C) La France demande à Barroso de « renoncer » à travailler pour Goldman Sachs (Le Monde)

Source : http://www.lemonde.fr/economie/arti...

Cette nomination ne passe toujours pas. Le secrétaire d’Etat aux affaires européennes, Harlem Désir, a demandé « solennellement », mercredi 13 juillet devant les députés français, à l’ancien président de la Commission européenne José Manuel Barroso de « renoncer » à travailler pour la banque Goldman Sachs, et à Bruxelles de changer ses règles applicables aux anciens commissaires.

L’ancien premier ministre du Portugal (2002-2004), qui a présidé la Commission de 2004 à 2014, a été engagé par la banque d’affaires américaine pour la conseiller dans le contexte du départ annoncé du Royaume-Uni de l’Union européenne.

Cette embauche « est particulièrement scandaleuse, compte tenu notamment du rôle joué par cette banque dans la crise financière de 2008 mais aussi du trucage des comptes publics de la Grèce », a estimé le responsable socialiste. Avant d’ajouter :

« Moralement, politiquement, déontologiquement, c’est une faute de la part de M. Barroso, c’est le pire service qu’un ancien président d’une institution européenne pouvait rendre au projet européen, à un moment de l’histoire où il a, au contraire, besoin d’être soutenu, porté et renforcé. »

Changer le « code de conduite »

Le secrétaire d’Etat a également demandé à Bruxelles de changer le « code de conduite », selon lequel les commissaires doivent, dans les dix-huit mois suivant la fin de leur mandat, demander une autorisation à leur ancien employeur avant de pouvoir rejoindre un groupe privé, mais qui ne prévoit rien au-delà. « Il faut étendre la durée d’interdiction à être embauché par une entreprise privée, élargir les incompatibilités, renforcer les contrôles », a commenté Harlem Désir.
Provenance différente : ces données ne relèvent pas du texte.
//! The rows of the tables.
ghost use Rattle.std.specs.Prelude.{◌≡◌};
ghost use Rattle.rhai_ops.specs.Results.{is_limited};

use rhai_text::Token;

/// A built-in operator on operands of certain types: a row of the tables, as look-ups return it.
/// The first 25 are operators on two values; the others are assignments, which write the place
/// where the chain of the first operand ends.
/// rhai: the function, with a flag, that its look-ups return.
#[derive(Clone, Copy, Debug, PartialEq, Eq)]
pub enum FnBuiltin {
    /// Two ints, by one of the first eleven operators.
    Int(Token),
    /// Two ints, compared.
    IntCompare(Token),
    /// The range between two ints; inclusive if the flag is set.
    IntRange(bool),
    /// Two booleans, compared: false is less than true.
    BoolCompare(Token),
    /// Two booleans, by `&`, `|` or `^`.
    Bool(Token),
    /// A text appended to a text.
    TextJoin,
    /// A text without the occurrences of a text.
    TextMinus,
    /// Two texts, compared by their characters in order.
    TextCompare(Token),
    /// The text of two characters.
    CharJoin,
    /// Two characters, compared.
    CharCompare(Token),
    /// A blob appended to a blob.
    BlobJoin,
    /// Whether two blobs have the same bytes; negated if the flag is set.
    BlobEqual(bool),
    /// `true`.
    ConstTrue,
    /// `false`.
    ConstFalse,
    /// The range from an int to the greatest one; inclusive if the flag is set.
    RangeFrom(bool),
    /// The range from 0 to an int; inclusive if the flag is set.
    RangeTo(bool),
    /// A text appended to a character.
    CharText,
    /// A character, as a text of its own, compared with a text.
    CharTextCompare(Token),
    /// A character appended to a text.
    TextChar,
    /// A text without a character.
    TextMinusChar,
    /// A text compared with a character, as a text of its own.
    TextCharCompare(Token),
    /// A copy of the first operand.
    FirstCopy,
    /// A copy of the second operand.
    SecondCopy,
    /// The UTF-8 bytes of a character appended to a blob.
    BlobChar,
    /// Whether two ranges, inclusive if the first flag is set, are equal; negated if the second one
    /// is.
    RangeEqual(bool, bool),
    /// Two ints, by one of the eleven assignments.
    IntAssign(Token),
    /// Two booleans, by `&=`, `|=` or `^=`.
    BoolAssign(Token),
    /// Replaces the first character by the text of both.
    CharJoinAssign,
    /// Appends a text to a text.
    TextJoinAssign,
    /// Removes the occurrences of a text from a text.
    TextMinusAssign,
    /// Appends the items of an array to an array.
    ArrayAppend,
    /// Appends a blob to a blob.
    BlobAppend,
    /// Appends a character to a text.
    TextCharAssign,
    /// Removes a character from a text.
    TextMinusCharAssign,
    /// Appends a text to a character, and replaces it by the result.
    CharTextAssign,
    /// Appends a value to an array.
    ArrayPush,
    /// Appends the low byte of an int to a blob.
    BlobPush,
    /// Appends the UTF-8 bytes of a character to a blob.
    BlobCharAssign,
    /// Appends the UTF-8 bytes of a text to a blob.
    BlobTextAssign,
}

impl FnBuiltin {
    /// Returns whether the row reads the limits.
    pub fn uses_limits(&self) -> bool
        ensures { result ≡ is_limited self.now }
    {
        matches!(
            self,
            FnBuiltin::TextJoin
                | FnBuiltin::CharJoin
                | FnBuiltin::BlobJoin
                | FnBuiltin::CharText
                | FnBuiltin::TextChar
                | FnBuiltin::BlobChar
                | FnBuiltin::TextJoinAssign
                | FnBuiltin::ArrayAppend
                | FnBuiltin::BlobAppend
                | FnBuiltin::TextCharAssign
                | FnBuiltin::CharTextAssign
                | FnBuiltin::ArrayPush
                | FnBuiltin::BlobPush
                | FnBuiltin::BlobCharAssign
                | FnBuiltin::BlobTextAssign
        )
    }
}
« Il pourrait y avoir un organe indépendant au sein duquel serait représenté le Parlement dans toute sa diversité et des juristes internationaux pour évaluer les conflits d’intérêt et interdire ce genre d’embauche », a-t-il suggéré.

En France, plusieurs voix de gauche, jusqu’au sein du gouvernement, ont depuis samedi vivement critiqué cette embauche. Le secrétaire d’Etat français au commerce extérieur, le socialiste Matthias Fekl, a qualifié, dans un tweet, le Portugais de « représentant indécent d’une vieille Europe que notre génération va changer ».